Assignment
Please repeat the line that contains "same(&rt, catalog.len(), 300);" and every line after it, exactly, through the end of the records.

(Saved entries)

****

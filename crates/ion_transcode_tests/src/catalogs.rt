//! Which catalogues are loaded, in whatever pieces they come, and which are refused.

use super::devices::Giving;
use super::runs::{Case, LIMITS, text};
use super::same::{same, same_at};
use super::tables::{Kind, expect_rows};
use ion_meter::fault::Fault;
use ion_meter::limits::Limits;
use ion_meter::meter::Meter;
use ion_meter::stream::{FromRead, ToWrite};
use ion_symbols::catalog::Catalog;
use ion_transcode::load::load_catalog;
use ion_transcode::run::{bound, run};
use ion_transcode::to::{Form, To};
use std::alloc::Global;
use std::fmt::Write;
use std::io::Read;
use std::process::Abort;
use std::test::Fail;

/// What a catalogue of one table x, version 1, with the texts p and q costs.
const COST: u64 = 67;

/// Asserts that a catalogue has that one table and no other.
fn expect_table(rt: &impl Abort, catalog: &Catalog<Global>) {
    same(rt, catalog.len(), 1);
    match catalog.find("x", 1) {
        None => panic!(rt; "the table is not there"),
        Some(table) => {
            same(rt, table.len(), 2);
            same(rt, table.get(0), Some(b"p".as_slice()));
            same(rt, table.get(1), Some(b"q".as_slice()));
        }
    }
}

/// Loads a catalogue: the fault, or none where it has that one table and no other. What it costs is
/// held, after a fault nothing, and at no moment more than the bound.
fn fault_of<R: Read + Drop>(
    rt: &impl Abort,
    alloc: Global,
    limits: Limits,
    reader: R,
) -> Option<Fault> {
    assert!(rt; limits.check());
    let mut meter = Meter::new(alloc);
    let (outcome, _input) = load_catalog(&mut meter, limits, FromRead::new(reader));
    assert!(rt; meter.peak() <= bound(limits, Form::Text, To::Nothing) + limits.symbols);
    let fault = match outcome {
        Ok(catalog) => {
            same(rt, meter.held(), COST);
            expect_table(rt, &catalog);
            catalog.release(&mut meter);
            None
        }
        Err(fault) => Some(fault),
    };
    same(rt, meter.held(), 0);
    fault
}

/// Asserts why and where a catalogue is refused, in one piece or a byte a read, or that it is loaded and has
/// one table.
pub fn expect_load(rt: &impl Abort, alloc: Global, case: Case) {
    let want = case.want.err();
    let whole = fault_of(rt, alloc, case.limits, case.input);
    same_at(rt, "at once", case.row, 0, whole, want);
    let pieces = fault_of(rt, alloc, case.limits, Giving::all(case.input, 1));
    same_at(rt, "a byte a read", case.row, 0, pieces, want);
}

/// The table with its name first.
pub const NAME_FIRST: &str =
    "$ion_shared_symbol_table::{name:\"x\",version:1,symbols:[\"p\",\"q\"]}";

/// Texts of that table alone.
pub const ONE_TABLE: &str = r#"
$ion_shared_symbol_table::{name:"x",version:1,symbols:["p","q"]}|1|
$ion_shared_symbol_table::{symbols:["p","q"],version:1,name:"x"}|1|
'$ion_shared_symbol_table'::b::{max_id:5,symbols:[a::"p","q"],name:c::"x"}|1|
$9::{version:-3,a:[{name:1}],symbols:["p","q"],name:'''x'''} // all|1|
$ion_symbol_table::{symbols:["name"]} $9::{$10:"x",version:[2],symbols:["p","q"]}|1|
"#;

#[test]
fn one_table(rt: HostRuntime) {
    expect_rows(&rt, rt.alloc(), Kind::Catalogues, ONE_TABLE);
    let binary = "%E0%01%00%EA%EE%8F%81%89%DC%84%81x%85!%01%87%B4%81p%81q|1|";
    expect_rows(&rt, rt.alloc(), Kind::Catalogues, binary);
}

#[test]
fn no_tables(rt: HostRuntime) -> Result<(), Fail> {
    let alloc = rt.alloc();
    for octets in [
        b"".as_slice(),
        b"\xE0\x01\x00\xEA",
        b"$ion_1_0 /**/".as_slice(),
    ] {
        let mut meter = Meter::new(alloc);
        let (outcome, _input) = load_catalog(&mut meter, LIMITS, FromRead::new(octets));
        match outcome {
            Ok(catalog) => assert!(rt; catalog.is_empty()),
            Err(_) => panic!(rt; "no catalogue"),
        }
        same(&rt, meter.held(), 0);
    }
    Ok(())
}

/// Catalogues that are refused.
const REFUSED: &str = r#"
5|CatalogEntry 0|
{name:"x"}|CatalogEntry 0|
b::$9::{name:"x"}|CatalogEntry 0|
$9::null.struct|CatalogEntry 0|
 $9::[]|CatalogEntry 1|
$9::{}|CatalogEntry 0|
# Found at the field, before what is after it is read.
$9::{name:"","|CatalogEntry 0|
$9::{name:"$ion","|CatalogEntry 0|
$9::{name:x,"|CatalogEntry 0|
$9::{name:"x",name:"x","|CatalogEntry 0|
$9::{name:"x",version:2147483648,"|CatalogEntry 0|
$9::{version:null,version:1,"|CatalogEntry 0|
$9::{symbols:5,symbols:["|CatalogEntry 0|
$9::{imports:["|CatalogEntry 0|
$ion_shared_symbol_table::{name:"x",version:1} $ion_shared_symbol_table::{name:"x"}|CatalogEntry 47|
$9::{name:"x",version:2147483647} []|CatalogEntry 34|
# All else is refused as by a run.
$9::{name:"x"|Truncated 13|
$9::{name:"x",$10:1}|BadSymbol 14|
$ion_symbol_table::{imports:[{name:"x"}]}|BadTable 29|
%E0%01%00%EA!%05|CatalogEntry 4|
"#;

#[test]
fn refused_catalogues(rt: HostRuntime) {
    expect_rows(&rt, rt.alloc(), Kind::Catalogues, REFUSED);
}

/// Catalogues under limits. The name's 32 are counted with it.
const LIMITED: &str = r#"
$ion_shared_symbol_table::{name:"x",version:1,symbols:["p","q"]}|SymbolLimit 59|symbols=66|
$ion_shared_symbol_table::{name:"x",version:1,symbols:["p","q"]}|SymbolLimit 55|symbols=49|
$ion_shared_symbol_table::{name:"x",version:1,symbols:["p","q"]}|SymbolLimit 32|symbols=32|
$ion_shared_symbol_table::{symbols:["p","q"],version:1,name:"x"}|SymbolLimit 60|symbols=66|
$ion_shared_symbol_table::{symbols:["p","q"],version:1,name:"x"}|SymbolLimit 40|symbols=33|
$ion_shared_symbol_table::{symbols:["p","q"],version:1,name:"x"}|SymbolLimit 36|symbols=16|
$ion_shared_symbol_table::{name:"x",version:1,symbols:["p","q"]}|1|symbols=67|input=64|
$ion_shared_symbol_table::{name:"x",version:1,symbols:["p","q"]}|InputLimit|input=63|
"#;

#[test]
fn limits(rt: HostRuntime) {
    expect_rows(&rt, rt.alloc(), Kind::Catalogues, LIMITED);
}

#[test]
fn faults(rt: HostRuntime) -> Result<(), Fail> {
    let reader = Giving {
        fails: true,
        ..Giving::all(NAME_FIRST.as_bytes(), 5)
    };
    same(
        &rt,
        fault_of(&rt, rt.alloc(), LIMITS, reader),
        Some(Fault::ReadFault),
    );
    Ok(())
}

/// Names in order of bytes, of which each has 30 versions in `many_tables`: 2, 4 and so on.
const NAMES: [&str; 10] = ["$", "A", "a", "aa", "ab", "b", "x", "xy", "y", "\u{E9}"];

/// A catalogue of 300 tables, each with one text, its name and version.
fn many_tables(rt: &impl Abort, alloc: Global) -> Result<String, Fail> {
    let mut tables = String::new(alloc);
    for number in 0..300_usize {
        // A factor that has no divisor with 300, so that each comes once, in no order.
        let rank = number * 77 % 300;
        let Some(name) = NAMES.get(rank / 30) else {
            panic!(rt; "no rank {rank}")
        };
        let version = rank % 30 * 2 + 2;
        write!(tables, "$9::{{name:\"{name}\",version:{version},")?;
        write!(tables, "symbols:[\"{name} {version}\"]}}")?;
    }
    Ok(tables)
}

/// Asserts that an import of a name and a version stands for the text of the version that is wanted.
fn expect_import(
    rt: &impl Abort,
    alloc: Global,
    catalog: &Catalog<Global>,
    name: &str,
    version: u32,
    want: u32,
) -> Result<(), Fail> {
    let declared = format!(in alloc; "name:\"{name}\",version:{version},max_id:1")?;
    let stream = format!(in alloc; "$3::{{imports:[{{{declared}}}]}} $10")?;
    let written = format!(in alloc; "'{name} {want}'\n")?;
    let mut meter = Meter::new(alloc);
    let input = FromRead::new(stream.as_bytes());
    let output = ToWrite::new(Vec::new(alloc));
    let (outcome, _input, output) = run(&mut meter, catalog, LIMITS, To::Text, input, output);
    same(rt, outcome, text(1));
    let output = output.into_inner();
    same(rt, output.as_slice(), written.as_bytes());
    Ok(())
}

/// Versions that are asked for, and which are taken: where one is not there, the greatest.
const TAKEN: [(u32, u32); 8] = [
    (2, 2),
    (30, 30),
    (60, 60),
    (1, 60),
    (3, 60),
    (59, 60),
    (61, 60),
    (2_147_483_648, 60),
];

#[test]
fn an_import_takes_its_version_or_the_greatest(rt: HostRuntime) -> Result<(), Fail> {
    let alloc = rt.alloc();
    let tables = many_tables(&rt, alloc)?;
    let mut meter = Meter::new(alloc);
    let input = FromRead::new(tables.as_bytes());
    let (outcome, _input) = load_catalog(&mut meter, LIMITS, input);
    match outcome {
        Err(_) => panic!(rt; "no catalogue"),
        Ok(catalog) => {
            same(&rt, catalog.len(), 300);
            for name in NAMES {
                for (version, want) in TAKEN {
                    expect_import(&rt, alloc, &catalog, name, version, want)?;
                }
            }
            catalog.release(&mut meter);
            same(&rt, meter.held(), 0);
        }
    }
    Ok(())
}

****

Task output
            same(&rt, catalog.len(), 300);
            for name in NAMES {
                for (version, want) in TAKEN {
                    expect_import(&rt, alloc, &catalog, name, version, want)?;
                }
            }
            catalog.release(&mut meter);
            same(&rt, meter.held(), 0);
        }
    }
    Ok(())
}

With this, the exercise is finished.